▸ **REQUIRED ACTION**
If a line of the data below holds the string "along", copy it.

▸ **RECORDS PROVIDED**
Content starts
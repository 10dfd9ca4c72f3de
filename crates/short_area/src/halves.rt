ghost use Rattle.std.specs.Prelude.{IfOk};
ghost use Rattle.short_area.specs.Zones.{AreAlikeIn};

use super::zones::zones_in;
use geo_core::{Labelled, Rect};
use lists::NoMemory;
use std::alloc::Global;

/// What the zones have in the one part and in the other. The zones themselves are kept no longer.
pub fn halves(
    alloc: Global,
    zones: Vec<Labelled>,
    first: Rect,
    second: Rect,
) -> Result<(Vec<Labelled>, Vec<Labelled>), NoMemory>
    ensures first { IfOk result (λ both. AreAlikeIn first zones.items both.0.items) }
    ensures second { IfOk result (λ both. AreAlikeIn second zones.items both.1.items) }
{
    let before = zones_in(alloc, zones.as_slice(), first)?;
    let behind = zones_in(alloc, zones.as_slice(), second)?;
    Ok((before, behind))
}
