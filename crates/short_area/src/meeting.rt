ghost use Rattle.std.specs.Prelude.{IfOk, IsTrue};
ghost use Rattle.short_area.specs.inside.ZonesNearCells.{HaveSameTwo, MeetsOther};

use geo_core::{Labelled, overlaps};
use lists::NoMemory;
use std::alloc::Global;

/// Whether a zone of another label has a cell in common with this one.
fn meets_other(zones: &[Labelled], zone: Labelled) -> bool
    ensures { MeetsOther zones.now zone → IsTrue result }
{
    for other in zones {
        if other.label != zone.label && overlaps(other.rect, zone.rect) {
            return true;
        }
    }
    false
}

/// The zones that have a cell in common with one of another label: no other zone has a cell of two labels.
pub fn beside_others(alloc: Global, zones: &[Labelled]) -> Result<Vec<Labelled>, NoMemory>
    ensures { IfOk result (λ kept. HaveSameTwo zones.now kept.items) }
{
    let mut kept = Vec::with_capacity(alloc, zones.len())?;
    for zone in zones {
        if meets_other(zones, *zone) {
            kept.push(*zone)?;
        }
    }
    Ok(kept)
}
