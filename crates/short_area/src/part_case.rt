ghost use Rattle.std.specs.Prelude.{◌↔◌, IfOk, IfSome};
ghost use Rattle.geo_core.specs.declared.plane.Cell.{Cell};
ghost use Rattle.skyline_runs.specs.Runs.{IsInTwo};
ghost use Rattle.short_area.specs.Zones.{IsInTwoLabels};
ghost use Rattle.short_area.specs.inside.WhatIsLeft.{IsLeftOf};

use super::labels::{have_no_third, is_other_whole, split, two_labels, whole_label};
use super::leads::lead_of;
use super::meeting::beside_others;
use super::places::{Spread, place_to_halve, spread_of};
use super::runs::{label_runs, label_runs_within};
use geo_core::{Axis, Labelled, Rect};
use lists::NoMemory;
use std::alloc::Global;

/// So many looks for each zone are few.
pub const LOOKS_EACH: usize = 4;

/// Runs are tried again of so many times fewer zones.
const LESS: usize = 8;

/// How many zones are hopeless before runs were tried of any.
pub const NONE_TRIED: usize = usize::MAX;

/// Which cells of a part of a window lie in zones of two labels.
#[derive(Drop)]
pub enum PartCase {
    /// None of them.
    Nothing,
    /// All of them.
    All,
    /// Those that lie in one of these rectangles or more.
    InOne(Vec<Rect>),
    /// Those that lie in two of these rectangles or more: they are runs of each label.
    InTwo(Vec<Rect>),
    /// Those that lie in zones of both of these labels, since there is no third. Their runs take too many looks.
    InBoth(usize, usize),
    /// It is better halved, along the axis at the place. Of more than an eighth of so many zones no runs are tried.
    InHalves(Axis, i32, usize),
}

/// What is left of a part of a window with these zones. Of more than an eighth of `hopeless` zones no runs are tried,
/// since so many had too many of them.
pub fn left_of(
    alloc: Global,
    zones: &[Labelled],
    part: Rect,
    hopeless: usize,
) -> Result<PartCase, NoMemory>
    ensures { IfOk result (IsLeftOf zones.now part) }
{
    match soon_left(alloc, zones, part, hopeless)? {
        Some(left) => Ok(left),
        None => left_of_many(alloc, zones, part, hopeless),
    }
}

/// What is left, but where many zones lie across one another.
pub fn soon_left(
    alloc: Global,
    zones: &[Labelled],
    part: Rect,
    hopeless: usize,
) -> Result<Option<PartCase>, NoMemory>
    ensures { IfOk result (λ found. IfSome found (IsLeftOf zones.now part)) }
{
    if let Some(left) = left_at_once(alloc, zones, part)? {
        return Ok(Some(left));
    }
    let spread = spread_of(zones, part);
    if spread.is_deep() {
        return Ok(Some(halved(alloc, zones, part, spread, hopeless)?));
    }
    if spread.is_few() {
        return Ok(Some(PartCase::InTwo(runs_of_few(alloc, zones)?)));
    }
    if spread.is_parted() {
        return Ok(Some(halved(alloc, zones, part, spread, hopeless)?));
    }
    Ok(None)
}

/// What is left where many zones lie across one another: by runs where these are found with few looks. Runs are tried of no
/// more than an eighth of the zones of which they took too many.
pub fn left_of_many(
    alloc: Global,
    zones: &[Labelled],
    part: Rect,
    hopeless: usize,
) -> Result<PartCase, NoMemory>
    ensures { IfOk result (IsLeftOf zones.now part) }
{
    if has_hopeless_leader(zones, hopeless) {
        return halved(alloc, zones, part, spread_of(zones, part), hopeless);
    }
    if hopeless / LESS < zones.len() {
        return left_without_runs(alloc, zones, part, hopeless);
    }
    let most = zones.len().saturating_mul(LOOKS_EACH);
    match label_runs_within(alloc, zones, most)? {
        Some(runs) => Ok(PartCase::InTwo(runs)),
        None => left_without_runs(alloc, zones, part, zones.len()),
    }
}

/// What is left where it needs no halving and no runs: fewer than two labels, or a label that has all cells of the part.
fn left_at_once(alloc: Global, zones: &[Labelled], part: Rect) -> Result<Option<PartCase>, NoMemory>
    ensures { IfOk result (λ found. IfSome found (IsLeftOf zones.now part)) }
{
    let Some(_) = two_labels(zones) else {
        return Ok(Some(PartCase::Nothing));
    };
    let Some(label) = whole_label(zones, part) else {
        return Ok(None);
    };
    if is_other_whole(zones, part, label) {
        return Ok(Some(PartCase::All));
    }
    let (_, others) = split(alloc, zones, label)?;
    Ok(Some(PartCase::InOne(others)))
}

/// Runs of each label of few zones. Zones that meet no other label are left out: each pair of zones is looked at for it.
fn runs_of_few(alloc: Global, zones: &[Labelled]) -> Result<Vec<Rect>, NoMemory>
    ensures { IfOk result (λ runs. (c : Cell) → IsInTwo runs.items c ↔ IsInTwoLabels zones.now c) }
{
    let kept = beside_others(alloc, zones)?;
    label_runs(alloc, kept.as_slice())
}

/// Whether one label leads so far that its runs are not tried. Those of a mesh are mostly as many as its holes, and where its
/// zones close the holes they are few. So they are tried once, unless other labels have hardly any zone.
fn has_hopeless_leader(zones: &[Labelled], hopeless: usize) -> bool {
    let others = if hopeless == NONE_TRIED {
        zones.len() / 16
    } else {
        zones.len() / 2
    };
    zones.len() - others <= lead_of(zones).zones
}

/// The place at which to halve the part. Where there is none, runs of each label.
fn halved(
    alloc: Global,
    zones: &[Labelled],
    part: Rect,
    spread: Spread,
    hopeless: usize,
) -> Result<PartCase, NoMemory>
    ensures { IfOk result (IsLeftOf zones.now part) }
{
    match place_to_halve(zones, part, spread) {
        Some((axis, place)) => Ok(PartCase::InHalves(axis, place, hopeless)),
        None => Ok(PartCase::InTwo(label_runs(alloc, zones)?)),
    }
}

/// What is left where runs take too many looks: both labels, if there are two. Else the part is halved.
fn left_without_runs(
    alloc: Global,
    zones: &[Labelled],
    part: Rect,
    hopeless: usize,
) -> Result<PartCase, NoMemory>
    ensures { IfOk result (IsLeftOf zones.now part) }
{
    if let Some((one, other)) = two_labels(zones) {
        if have_no_third(zones, one, other) {
            return Ok(PartCase::InBoth(one, other));
        }
    }
    halved(alloc, zones, part, spread_of(zones, part), hopeless)
}
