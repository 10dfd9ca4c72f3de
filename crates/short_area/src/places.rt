ghost use Rattle.std.specs.Prelude.{ℤ, ◌≡◌, ◌⊎◌, IfSome};
ghost use Rattle.union_area.specs.WindowParts.{IsBetween};
ghost use Rattle.short_area.specs.inside.AreaSteps.{AreNoNearer, IsCentralCut, IsMiddleCut, IsNoNearer};

use geo_core::{Axis, Interval, Labelled, Rect};
use union_area::{distance_from_middle, half_way, inner_half_way, is_broad, longer_first};

/// How zones lie about the middle of a window.
#[derive(Clone, Copy)]
pub struct Spread {
    /// How many zones there are.
    zones: usize,
    /// How many have columns on both sides of the middle.
    across: usize,
    /// How many have rows on both sides of it.
    up: usize,
    /// How many do both and are about as wide as high.
    broad: usize,
}

/// Of so few zones each pair may be looked at.
const FEW: usize = 64;

/// One of so many zones on both sides of the middle is few.
const SHARE: usize = 8;

/// So many broad zones over the middle soon have all cells of the parts.
const BROAD: usize = 8;

impl Spread {
    /// Counts one zone more.
    fn add(self, across: bool, up: bool, broad: bool) -> Spread {
        Spread {
            zones: self.zones.saturating_add(1),
            across: self.across.saturating_add(usize::from(across)),
            up: self.up.saturating_add(usize::from(up)),
            broad: self
                .broad
                .saturating_add(usize::from(across && up && broad)),
        }
    }

    /// Whether so many broad zones lie over the middle that parts will soon be covered whole.
    pub fn is_deep(self) -> bool {
        BROAD <= self.broad
    }

    /// Whether each pair of the zones may be looked at.
    pub fn is_few(self) -> bool {
        self.zones <= FEW
    }

    /// Whether few zones lie on both sides of the middle along one of the axes.
    pub fn is_parted(self) -> bool {
        self.across.min(self.up) <= self.zones / SHARE
    }
}

/// How the zones lie about the middle of the window.
pub fn spread_of(zones: &[Labelled], window: Rect) -> Spread {
    let x = half_way(window.columns());
    let y = half_way(window.rows());
    let mut spread = Spread {
        zones: 0,
        across: 0,
        up: 0,
        broad: 0,
    };
    for zone in zones {
        let rect = zone.rect;
        let across = rect.x0 < x && x < rect.x1;
        let up = rect.y0 < y && y < rect.y1;
        spread = spread.add(across, up, is_broad(rect));
    }
    spread
}

/// This place, where it lies between the ends of the places and nearer to their middle than the one found before.
fn more_central(places: Interval, found: Option<i32>, place: i32) -> Option<i32>
    requires { IfSome found (IsBetween places.low places.high) }
    ensures within { IfSome result (IsBetween places.low places.high) }
    ensures kept { (edge : ℤ) → IsNoNearer places.low places.high found edge
        → IsNoNearer places.low places.high result edge }
    ensures one_more { IsNoNearer places.low places.high result place }
{
    if place <= places.low || places.high <= place {
        return found;
    }
    let Some(other) = found else {
        return Some(place);
    };
    if distance_from_middle(places, other) <= distance_from_middle(places, place) {
        return Some(other);
    }
    Some(place)
}

/// Of the edges of zones that lie between the ends of the places, one that is nearest to their middle.
fn central_edge(zones: &[Labelled], axis: Axis, places: Interval) -> Option<i32>
    ensures within { IfSome result (IsBetween places.low places.high) }
    ensures central { AreNoNearer zones.now axis places.low places.high result }
{
    let mut nearest = None;
    for zone in zones {
        let edges = zone.rect.along(axis);
        nearest = more_central(places, nearest, edges.low);
        nearest = more_central(places, nearest, edges.high);
    }
    nearest
}

/// The axis along which fewer zones lie on both sides of the middle, and the other one.
fn less_crossed_first(window: Rect, spread: Spread) -> (Axis, Axis) {
    if spread.across < spread.up {
        return (Axis::X, Axis::Y);
    }
    if spread.up < spread.across {
        return (Axis::Y, Axis::X);
    }
    longer_first(window)
}

/// The edge of a zone at which to halve the window: nearest to the middle of its longer side, or else of the other.
fn edge_to_halve_at(zones: &[Labelled], window: Rect) -> Option<(Axis, i32)>
    ensures { IfSome result (λ cut. IsCentralCut zones.now window cut.0 cut.1) }
{
    let (longer, shorter) = longer_first(window);
    if let Some(place) = central_edge(zones, longer, window.along(longer)) {
        return Some((longer, place));
    }
    match central_edge(zones, shorter, window.along(shorter)) {
        None => None,
        Some(place) => Some((shorter, place)),
    }
}

/// The middle at which to halve the window: along the axis with fewer zones on both sides, or else along the other.
fn middle_to_halve_at(window: Rect, spread: Spread) -> Option<(Axis, i32)>
    ensures { IfSome result (λ cut. IsMiddleCut window cut.0 cut.1) }
{
    let (first, second) = less_crossed_first(window, spread);
    if let Some(place) = inner_half_way(window.along(first)) {
        return Some((first, place));
    }
    match inner_half_way(window.along(second)) {
        None => None,
        Some(place) => Some((second, place)),
    }
}

/// Where to halve the window, along which axis: in the middle where few zones lie on both sides of it. Else at the edge of
/// a zone, since zones that reach over all of a part soon decide it. There is no place where there is one cell.
pub fn place_to_halve(zones: &[Labelled], window: Rect, spread: Spread) -> Option<(Axis, i32)>
    ensures { IfSome result (λ cut. IsCentralCut zones.now window cut.0 cut.1) }
{
    if !spread.is_parted() {
        if let Some(cut) = edge_to_halve_at(zones, window) {
            return Some(cut);
        }
    }
    middle_to_halve_at(window, spread)
}
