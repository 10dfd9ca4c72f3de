//! Which questions a layer map asks, in their order, and the rows that answer them.
//!
//! Whoever computes areas and whoever prints them stands on this crate, and neither on the other.
#![tactic(auto)]

pub mod kind;
pub mod question;
pub mod row;

pub use kind::Kind;
pub use question::{Question, questions_of};
pub use row::{MOST_ROWS, Row};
Content ends
▸ **THE ANSWER**
    /// It is better halved, along the axis at the place. Of more than an eighth of so many zones no runs are tried.
    /// Whether few zones lie on both sides of the middle along one of the axes.
        let edges = zone.rect.along(axis);
/// The axis along which fewer zones lie on both sides of the middle, and the other one.
    if let Some(place) = central_edge(zones, longer, window.along(longer)) {
    match central_edge(zones, shorter, window.along(shorter)) {
/// The middle at which to halve the window: along the axis with fewer zones on both sides, or else along the other.
    if let Some(place) = inner_half_way(window.along(first)) {
    match inner_half_way(window.along(second)) {
/// Where to halve the window, along which axis: in the middle where few zones lie on both sides of it. Else at the edge of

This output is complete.